卒業論文
車内で無言のまま、一時間ほど走って、アルバートに我慢の限界がきた。
「これから、どこへ?何をする気だ?」
スミスは、情報パッドを差し出し、アルバートに手渡した。
「ドクター。質問が違いますよ。『どこへ連れていくんだ?何をさせるつもりだ?』でしょ?」
「ドクター?」
手渡されたパッドを見て、アルバートは目を見開く。
そこに表示されていたのは、アルバートの卒業論文だった。
そして、第三者的評価と改善点、実施の為の考察と設計。
試作品の写真すらある。
「これをやっているのか?いったい、なんの目的で?」
思わず口にしたが、こんな組織が、最終目的をネタバレするのは、コミックの中だけだ。
「画期的技術の実現に協力していただきます。
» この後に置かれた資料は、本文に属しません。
//! The rows of relative relocations.
ghost use Rattle.std.specs.Prelude.{◌≡◌, ◌+◌, ◌*◌, ◌^◌, ◌<◌, ◌≤◌, ℕ, List, ◌∷◌, Some, IfErr, IfOk, IfSome, length, option_map};
ghost use Rattle.std.specs.Prelude.{unwrap_or};
ghost use Rattle.elf_model.specs.Image.{RelativeAddress, word_addresses};
ghost use Rattle.elf_model.specs.Prelude.{field};
ghost use Rattle.elf_model.specs.RelativeRelocations.{base_after};
ghost use Rattle.elf_table.specs.Prelude.{CallReads, fault_of_result};
ghost use Rattle.elf_table.specs.Faults.{IsOfCheck};
ghost use Rattle.elf_table.specs.Cursors.{row_at, unread_bytes};
ghost use Rattle.elf_table.specs.Tables.{size_of};
ghost use Rattle.elf_image.specs.declared.relative_rows.RelativeStep.TheVariants.{Ended};
ghost use Rattle.elf_image.specs.RelativeRows.{AreRowsOf, TakesAddress, relative_left, word_left, words_left};
ghost use Rattle.elf_image.specs.Within.{RowsAlive, StepsRelativeRows, IsTableWithin, row_steps};

use elf_record::{Cause, u64_at};
use elf_source::{Counted, Source};
use elf_table::{Cursor, Fault, Table, refused};

/// The last address of eight bytes that end at 2^64.
const MAX_ADDRESS: u128 = 0xffff_ffff_ffff_fff8;
/// The number of bits of a bitmap, after its lowest one.
const BITMAP_BITS: u32 = 63;

/// A row of relative relocations: the address of a word of 8 bytes in memory, and the file offset
/// of the word of the table that gives it.
#[derive(Clone, Copy)]
pub(crate) struct RelativeRow {
    pub(crate) at: u64,
    pub(crate) address: u64,
}

/// A step of a cursor over rows.
#[derive(Clone, Copy)]
pub(crate) enum RelativeStep {
    /// The next row.
    Row(RelativeRow),
    /// Nothing: the cursor continues.
    Nothing,
    /// There are no more rows.
    Ended,
}

/// A cursor over the rows of a table of relative relocations (gABI 4, Relative Relocation Table).
#[derive(Drop)]
pub(crate) struct RelativeRows {
    pub(crate) cursor: Cursor,
    /// The bits that are left of the word that was read last, if it is a bitmap.
    pub(crate) bits: u64,
    /// How many they are.
    pub(crate) left: u32,
    /// The offset of the word in the file.
    pub(crate) at: u64,
    /// The address of the next bit, if there is one.
    pub(crate) next: Option<u128>,
    /// The lowest address that the next row may have.
    pub(crate) low: u128,
}

impl RelativeRows {
    /// Creates a cursor before the first row of a table of words of 8 bytes.
    pub(crate) fn new(table: Table) -> RelativeRows
        ensures alive { (size : ℕ) → IsTableWithin 8 size table → RowsAlive size result }
        ensures low { result.low ≡ 0 }
        ensures reads { unread_bytes result.cursor ≡ size_of table }
        ensures known { (file : List ℕ) → AreRowsOf file result }
        ensures begins { (file : List ℕ) →
            relative_left file result ≡ words_left file table.at 0 table.count }
    {
        RelativeRows {
            cursor: Cursor::new(table),
            bits: 0,
            left: 0,
            at: 0,
            next: None,
            low: 0,
        }
    }

    /// Takes one step: to the next row, over a bit that is not set, or to the next word.
    ///
    /// # Errors
    /// Returns `Relr` at the word for a bitmap without an address, an address above 2^64 - 8, and
    /// one that is not at least 8 above the one before it. Otherwise returns a fault of the read.
    pub(crate) fn step<S: Source>(&mut self, src: &mut Counted<S>) -> Result<RelativeStep, Fault>
        requires { RowsAlive src.old.seen.size self.old }
        ensures costs { CallReads src.old src.new (fault_of_result result)
            (unread_bytes self.old.cursor) }
        ensures account { src.new.asked + unread_bytes self.new.cursor
            ≤ src.old.asked + unread_bytes self.old.cursor }
        ensures alive { IfOk result (λ _. RowsAlive src.old.seen.size self.new) }
        ensures steps { IfOk result (StepsRelativeRows self.old self.new) }
        ensures takes { (file : List ℕ) → src.old.seen.file ≡ Some file → AreRowsOf file self.old →
            TakesAddress self.old.low self.new.low (relative_left file self.old)
            (relative_left file self.new) result }
        ensures known { (file : List ℕ) → src.old.seen.file ≡ Some file → AreRowsOf file self.old →
            IfOk result (λ _. AreRowsOf file self.new) }
    {
        if self.left > 0 {
            return self.bit();
        }
        if !self.cursor.advance(src)? {
            return Ok(RelativeStep::Ended);
        }
        self.word()
    }

    /// Begins the word that was read, and returns its row if it is an address.
    fn word(&mut self) -> Result<RelativeStep, Fault>
        requires index { 0 < self.old.cursor.index }
        requires whole { length self.old.cursor.row ≡ 8 }
        requires left { self.old.left ≡ 0 }
        ensures cursor { self.new.cursor ≡ self.old.cursor }
        ensures index { self.old.cursor.index ≤ 2 ^ 64 }
        ensures few { self.new.left ≤ 63 }
        ensures next { IfSome self.old.next (λ address.
            address + 504 ≤ 2 ^ 64 + 504 * self.old.cursor.index) →
            IfSome self.new.next (λ address.
            address + 8 * self.new.left ≤ 2 ^ 64 + 504 * self.old.cursor.index) }
        ensures takes { (index : ℕ) → index + 1 ≡ self.old.cursor.index →
            TakesAddress self.old.low self.new.low
            (word_addresses (row_at self.old.cursor.table index) self.old.next
            (field self.old.cursor.row 0 8)) (word_left self.new) result }
        ensures goes { IfOk result (λ step. step ≡ Ended → ⊥) }
        ensures refusal { IfErr result IsOfCheck }
        ensures base { IfOk result (λ _.
            option_map (λ address. address + 8 * self.new.left) self.new.next
            ≡ base_after self.old.next (field self.old.cursor.row 0 8)) }
        ensures based { 0 < self.new.left → (address : ℕ) × (self.new.next ≡ Some address) }
    {
        let row = self.cursor.row();
        let word = u64_at(row.bytes, 0);
        self.at = row.at;
        if word % 2 == 0 {
            self.next = Some(u128::from(word) + 8);
            return self.row(u128::from(word));
        }
        if self.next.is_none() {
            return refused(self.at, Cause::Relr);
        }
        self.bits = word >> 1;
        self.left = BITMAP_BITS;
        Ok(RelativeStep::Nothing)
    }

    /// Goes on to the next bit of a bitmap, and returns its row if it is set.
    fn bit(&mut self) -> Result<RelativeStep, Fault>
        requires left { (0 < self.old.left) × (self.old.left ≤ 63) }
        requires fits { IfSome self.old.next (λ address. address + 8 < 2 ^ 128) }
        ensures cursor { self.new.cursor ≡ self.old.cursor }
        ensures left { self.new.left + 1 ≡ self.old.left }
        ensures next { (most : ℕ) → 504 ≤ most →
            IfSome self.old.next (λ address. address + 8 * self.old.left ≤ most) →
            IfSome self.new.next (λ address. address + 8 * self.new.left ≤ most) }
        ensures after { self.new.next ≡ Some (unwrap_or self.old.next 0 + 8) }
        ensures takes { TakesAddress self.old.low self.new.low (word_left self.old)
            (word_left self.new) result }
        ensures goes { IfOk result (λ step. step ≡ Ended → ⊥) }
        ensures refusal { IfErr result IsOfCheck }
    {
        let address = self.next.unwrap_or(0);
        let is_set = self.bits % 2 == 1;
        self.bits /= 2;
        self.left -= 1;
        self.next = Some(address + 8);
        if is_set {
            return self.row(address);
        }
        Ok(RelativeStep::Nothing)
    }

    /// Returns the row of an address.
    fn row(&mut self, address: u128) -> Result<RelativeStep, Fault>
        ensures cursor { self.new.cursor ≡ self.old.cursor }
        ensures left { self.new.left ≡ self.old.left }
        ensures next { self.new.next ≡ self.old.next }
        ensures same { (self.new.bits ≡ self.old.bits) × (self.new.at ≡ self.old.at) }
        ensures takes { (after : List RelativeAddress) → TakesAddress self.old.low self.new.low
            (record { word_at = self.old.at; address = Some address } ∷ after) after result }
        ensures goes { IfOk result (λ step. step ≡ Ended → ⊥) }
        ensures refusal { IfErr result IsOfCheck }
    {
        if address > MAX_ADDRESS || address < self.low {
            return refused(self.at, Cause::Relr);
        }
        self.low = address + 8;
        Ok(RelativeStep::Row(RelativeRow {
            at: self.at,
            address: address as u64,
        }))
    }
}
逃亡しなければ、貴方をグループリーダーにしていたのですが、今回は協力者として、参加していただきます。しかし、1.5倍とは素晴らしい」
「1.41だ!」
アルバートは正確な論理値を言い返した。
論文は、『熱核反応の効率化』として、水爆の変換効率を1.41倍にする物だ。
つまり、破壊力の増強だ。
卒業論文に、水爆を選んだのは、国際法で禁止されている上に、影響規模が大きすぎて、地球上の何処で使っても、世界中に影響が出る事。そして、技術的に実現が困難である事だ。
論文としては成り立つが、所詮は夢物語で、平和的な物だからだ。
しかし、報告書によると、多くの問題点を克服しており、外部協力者は二十名を越えている。
こんな物を作る意味がない。第一、実験出来る場所が無い。
ウランやプルトニウムによる原爆同様、水爆にも最低限のラインが存分する。
プルトニウム原爆を起爆剤とする水爆ならば、尚更だ。
『原爆の小型化』等は夢物語に過ぎない。
当然、規模も小さくは出来ない。
「まさか、世界滅亡を目論む宗教団体か?」
アルバートの呟きに、スミスは、笑いをこらえきれずに、腹を押え、車内で、もんどり打った。